//! The call that hides a set.
ghost use Rattle.std.specs.Prelude.{◌≡◌, ◌≤◌, length};
ghost use Rattle.tray.specs.Calls.{hide_checks, HidesTop};
ghost use Rattle.tray.specs.Checks.{Checked};
ghost use Rattle.tray.specs.Memory.{SameMemory};

use crate::refusal::Refusal;
use crate::tray::Tray;
use hiding::StateSet;

impl<'m, 's> Tray<'m, 's> {
    // The checks of hide that come before exploring.
    fn may_hide(&self, set: u8, records: usize, links: usize) -> Result<(), Refusal>
        ensures { Checked (hide_checks self.now.control.sets self.now.control.budget self.now.control.count records links set) result }
    {
        if self.lacks(records, links) {
            return Err(Refusal::NoMemory);
        }
        if set >= self.control.sets {
            return Err(Refusal::NoSet);
        }
        if self.control.count < 1 {
            return Err(Refusal::TooFewTables);
        }
        Ok(())
    }

    /// The top becomes "some finite set in place of this one makes it true". Answers how many sets of states were met,
    /// and how many states were kept. Records and links are work memory.
    pub fn hide(
        &mut self,
        set: u8,
        records: &mut [StateSet],
        links: &mut [u16],
    ) -> Result<(usize, usize), Refusal>
        ensures hides { HidesTop (length records.old) (length links.old) set self.old.control self.old.tables.now self.new.control self.new.tables.now result }
        ensures owners { SameMemory self.old self.new }
    {
        self.may_hide(set, records.len(), links.len())?;
        let Tray {
            control,
            tables,
            spare,
        } = self;
        let top = control.count - 1;
        let held: &mut [u16] = tables;
        let work: &mut [u16] = spare;
        let table = control.table(held, top);
        let counts = control.explore_hidden(&table, set, records, links, work)?;
        Ok(control.land(held, work, top, counts))
    }
}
● ● ●
→ **Task details**:
When a line in the data above contains the string "sets", copy that line.

→ **Task solution**:
        ensures { Checked (hide_checks self.now.control.sets self.now.control.budget self.now.control.count records links set) result }
        if set >= self.control.sets {
    /// The top becomes "some finite set in place of this one makes it true". Answers how many sets of states were met,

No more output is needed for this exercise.